▶ **Assigned task**
In the listing below, report how many lines include the string "might", giving only that number.

==== Input data ====

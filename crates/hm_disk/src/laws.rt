// What follows from the definitions alone: each function states one law, and does nothing.
ghost use Rattle.std.specs.Prelude.{◌≡◌, ◌⊎◌, ◌↔◌, ◌≤◌, ◌+◌, ◌∷◌, [], ℕ, List, IfSome, IsTrue, length};
ghost use Rattle.hm_disk.specs.Crash.{Told, Outside, MayLeave, is_outside};
ghost use Rattle.hm_disk.specs.Disk.{Written, MayBeTorn};
ghost use Rattle.hm_disk.specs.Moments.{WriteElapses, SyncElapses, SameLeft, Each};

use crate::disk::Disk;

/// A property of images, for the laws that speak of any.
pub trait Property {
    ghost has: { List ℕ → Type 0 };
}

/// The test whether a byte lies outside all of some ranges is exact.
pub fn a_byte_is_outside_where_the_test_says_so()
    ensures { (ranges : List (ℕ × ℕ)) (byte : ℕ) → IsTrue (is_outside ranges byte) ↔ Outside ranges byte }
{}

/// A crash may leave the disk as it reads.
pub fn the_disk_as_it_reads_may_be_left()
    ensures { (bytes : List ℕ) (unsettled : List (ℕ × ℕ)) → MayLeave bytes unsettled bytes }
{}

/// A crash of a disk that has no unsettled range leaves it as it reads, and nothing else.
pub fn a_settled_disk_alone_is_left()
    ensures { (bytes image : List ℕ) → MayLeave bytes [] image → image ≡ bytes }
{}

/// What may have been left since the present moment is what a crash now may leave.
pub fn left_since_now_is_what_a_crash_now_may_leave<D: Disk>()
    ensures { (disk : D) (image : List ℕ) → IfSome (D.told disk) (λ t.
        D.left_since disk t.moment image ↔ MayLeave t.bytes t.unsettled image) }
{}

/// Over calls that keep what is over of a disk, whatever else is known of them, what may have been left
/// since a moment was so before, or is what a crash now may leave.
pub fn what_is_left_was_so_before_or_may_be_left_now<D: Disk>()
    ensures { (before after : D) → D.past after ≡ D.past before → (moment : ℕ) (image : List ℕ) →
        D.left_since after moment image → D.left_since before moment image
        ⊎ IfSome (D.told after) (λ t. MayLeave t.bytes t.unsettled image) }
{}

/// A write only adds to what a crash may leave: what one just before it might have left, one after it
/// still may.
pub fn a_write_only_adds()
    ensures ok { (old new : Told) (place : ℕ) (bytes : List ℕ) → place + length bytes ≤ length old.bytes →
        Written place bytes old new →
        Each (MayLeave old.bytes old.unsettled) (MayLeave new.bytes new.unsettled) }
    ensures err { (old new : Told) (place count : ℕ) → MayBeTorn place count old new →
        Each (MayLeave old.bytes old.unsettled) (MayLeave new.bytes new.unsettled) }
{}

/// Where all that a crash now may leave has a property, so has all that may have been left since this
/// moment. So a property of every moment of some calls begins at the first of them.
pub fn a_property_holds_now<D: Disk, P: Property>()
    ensures { (disk : D) → IfSome (D.told disk) (λ t. Each (MayLeave t.bytes t.unsettled) P.has →
        Each (D.left_since disk t.moment) P.has) }
{}

/// Where all that may have been left since a moment has a property, and all that a crash within a write
/// may leave has it too, then so has all that may have been left since that moment after the write,
/// whether it succeeded or not.
pub fn a_property_holds_over_a_write<D: Disk, P: Property>()
    ensures { (before after : D) (old new : Told) (place count moment : ℕ) → moment ≤ old.moment →
        WriteElapses place count (D.left_since before) (D.left_since after) old new →
        Each (D.left_since before moment) P.has →
        Each (MayLeave old.bytes ((place, count) ∷ old.unsettled)) P.has →
        Each (D.left_since after moment) P.has }
{}

/// The same of a sync, within which a crash may leave what it might have left just before.
pub fn a_property_holds_over_a_sync<D: Disk, P: Property>()
    ensures { (before after : D) (old new : Told) (moment : ℕ) → moment ≤ old.moment →
        SyncElapses (D.left_since before) (D.left_since after) old new →
        Each (D.left_since before moment) P.has →
        Each (MayLeave old.bytes old.unsettled) P.has →
        Each (D.left_since after moment) P.has }
{}

/// The same of a read, or of asking for the size, within which a crash leaves nothing new.
pub fn a_property_holds_over_a_read<D: Disk, P: Property>()
    ensures { (before after : D) (moment : ℕ) →
        SameLeft (D.left_since before) (D.left_since after) →
        Each (D.left_since before moment) P.has → Each (D.left_since after moment) P.has }
{}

====

▶ **Exercise response**
2